**WHAT IS NEEDED**
Please give again, exactly and only, the stretch of lines from the one containing "AyTurn::from(desk.send(out))" to the end of the entries below.

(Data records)
____________________

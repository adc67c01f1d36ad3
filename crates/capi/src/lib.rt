// The calls for C: numbers, lent slices and plain structs, each under its plain name; `capi_c` exports them, since no crate is both a library and
// an archive. What they say stands in include/aynirukh.h.
#![tactic(auto)]

ghost use Rattle.std.specs.Prelude.{◌≡◌, length};
ghost use Rattle.anc.specs.Word.{word_of, checksum_of};
ghost use Rattle.soundness.specs.Check.{soundness_of};
ghost use Rattle.rs.specs.Check.{verdict_of};
ghost use Rattle.record.specs.Record.{record_refusal};
ghost use Rattle.writing.specs.Writing.{write_refusal};
ghost use Rattle.writing.specs.Written.{write_leaves};
ghost use Rattle.reading.specs.Answer.{reading_of, reading_into_of, read_leaves};
ghost use Rattle.repair.specs.Repair.{repaired_of, repair_leaves};
ghost use Rattle.desk.specs.Desk.{opened, edited, undone, sent, send_leaves};
ghost use Rattle.follower.specs.Follower.{followed, shown_refusal, shown_leaves, opened as nothing_arrived};
ghost use Rattle.b40.specs.Packing.{pack_refusal, pack_leaves};
ghost use Rattle.b40.specs.Unpacking.{unpacked_of, unpack_leaves};
ghost use Rattle.answers.specs.Answers.{answer_by, word_from, verdict_from, packet_from, repaired_from, field_from, turn_from, followed_from};

use answers::{AyAnswer, AyField, AyFollowed, AyPacket, AyRepaired, AyTurn, AyVerdict, AyWord};
use desk::Desk;
use follower::Follower;

// ---- words

// The sound word that carries a byte.
pub fn ay_word_of(byte: u8) -> u16
    ensures { result ≡ word_of byte }
{
    anc::word_of(byte)
}

// The word check: which of b8 and b9 are wrong.
pub fn ay_check_word(word: u16) -> AyWord
    ensures { result ≡ word_from (soundness_of word) }
{
    AyWord::from(soundness::check_word(word))
}

// The checksum word of a run of words.
pub fn ay_checksum(words: &[u16]) -> u16
    ensures { result ≡ checksum_of words.now }
{
    anc::checksum(words)
}

// ---- packet and record

// Writes the packet of the bytes' record. A refusal leaves `out` as it was.
#[tactic(auto, unfolding(writing::specs::Written::written_of))]
pub fn ay_write_packet(correction: bool, ci: u8, bytes: &[u8], out: &mut [u16]) -> AyAnswer
    ensures { (result ≡ answer_by (write_refusal ci bytes.now (length out.old))) × (out.new ≡ write_leaves correction ci bytes.now out.old) }
{
    AyAnswer::from(writing::write_packet(correction, ci, bytes, out))
}

// Reads a packet.
pub fn ay_read_packet(words: &[u16]) -> AyPacket
    ensures { result ≡ packet_from (reading_of words.now) }
{
    AyPacket::from(reading::read_packet(words))
}

// Reads a packet, and leaves its record in `out`. A refusal leaves `out` as it was.
pub fn ay_read_packet_into(words: &[u16], out: &mut [u8]) -> AyPacket
    ensures { (result ≡ packet_from (reading_into_of words.now (length out.old))) × (out.new ≡ read_leaves words.now out.old) }
{
    AyPacket::from(reading::read_packet_into(words, out))
}

// Rewrites the 254 protected words. A refusal leaves `out` as it was.
pub fn ay_repair(words: &[u16], out: &mut [u16]) -> AyRepaired
    ensures { (result ≡ repaired_from (repaired_of words.now (length out.old))) × (out.new ≡ repair_leaves words.now out.old) }
{
    AyRepaired::from(repair::repair(words, out))
}

// Is a block of 254 bytes a codeword?
pub fn ay_check_codeword(block: &[u8]) -> AyVerdict
    ensures { result ≡ verdict_from (verdict_of block.now) }
{
    AyVerdict::from(rs::check_codeword(block))
}

// What the bytes of a record are refused for.
pub fn ay_record_refusal(bytes: &[u8]) -> AyAnswer
    ensures { result ≡ answer_by (record_refusal bytes.now) }
{
    AyAnswer::from(record::record_refusal(bytes))
}

// ---- field

// Packs a packet's words into a field. A refusal leaves `out` as it was.
#[tactic(auto, unfolding(b40::specs::Packing::packed_of))]
pub fn ay_pack(yc: bool, line: u16, offset: u16, words: &[u16], out: &mut [u8]) -> AyAnswer
    ensures { (result ≡ answer_by (pack_refusal line offset words.now (length out.old))) × (out.new ≡ pack_leaves yc line offset words.now out.old) }
{
    AyAnswer::from(b40::pack(yc, line, offset, words, out))
}

// Unpacks a field into the words of its packet. A refusal leaves `out` as it was.
pub fn ay_unpack(field: &[u8], out: &mut [u16]) -> AyField
    ensures { (result ≡ field_from (unpacked_of field.now (length out.old))) × (out.new ≡ unpack_leaves field.now out.old) }
{
    AyField::from(b40::unpack(field, out))
}

// ---- desk

// A desk with the opening record, CI 0 and no history; with correction on only.
pub fn ay_desk_open(correction: bool) -> AyTurn
    ensures { result ≡ turn_from (opened correction) }
{
    AyTurn::from(Desk::open(correction))
}

// Checks the bytes given for an item and stores them, one step more.
pub fn ay_desk_edit(desk: Desk, item: u8, bytes: &[u8]) -> AyTurn
    ensures { result ≡ turn_from (edited desk item bytes.now) }
{
    AyTurn::from(desk.edit(item, bytes))
}

// Puts back the bytes before the latest step.
pub fn ay_desk_undo(desk: Desk) -> AyTurn
    ensures { result ≡ turn_from (undone desk) }
{
    AyTurn::from(desk.undo())
}

// Writes the packet of the desk's bytes as they stand, and counts the index on. A refusal leaves `out` as it was.
pub fn ay_desk_send(desk: Desk, out: &mut [u16]) -> AyTurn
    ensures { (result ≡ turn_from (sent desk (length out.old))) × (out.new ≡ send_leaves desk out.old) }
{
    AyTurn::from(desk.send(out))
}

// ---- follower

// Nothing has arrived.
pub fn ay_follower_open() -> Follower
    ensures { result ≡ nothing_arrived }
{
    Follower::open()
}

// Takes a packet in.
pub fn ay_follower_follow(follower: Follower, words: &[u16]) -> AyFollowed
    ensures { result ≡ followed_from (followed follower words.now) }
{
    AyFollowed::from(follower.follow(words))
}

// Leaves in `out` the record that the follower shows. A refusal leaves `out` as it was.
pub fn ay_follower_shown(follower: Follower, out: &mut [u8]) -> AyAnswer
    ensures { (result ≡ answer_by (shown_refusal (length out.old))) × (out.new ≡ shown_leaves follower out.old) }
{
    AyAnswer::from(follower.shown_into(out))
}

____________________

**EXERCISE RESULT**
    AyTurn::from(desk.send(out))
}

// ---- follower

// Nothing has arrived.
pub fn ay_follower_open() -> Follower
    ensures { result ≡ nothing_arrived }
{
    Follower::open()
}

// Takes a packet in.
pub fn ay_follower_follow(follower: Follower, words: &[u16]) -> AyFollowed
    ensures { result ≡ followed_from (followed follower words.now) }
{
    AyFollowed::from(follower.follow(words))
}

// Leaves in `out` the record that the follower shows. A refusal leaves `out` as it was.
pub fn ay_follower_shown(follower: Follower, out: &mut [u8]) -> AyAnswer
    ensures { (result ≡ answer_by (shown_refusal (length out.old))) × (out.new ≡ shown_leaves follower out.old) }
{
    AyAnswer::from(follower.shown_into(out))
}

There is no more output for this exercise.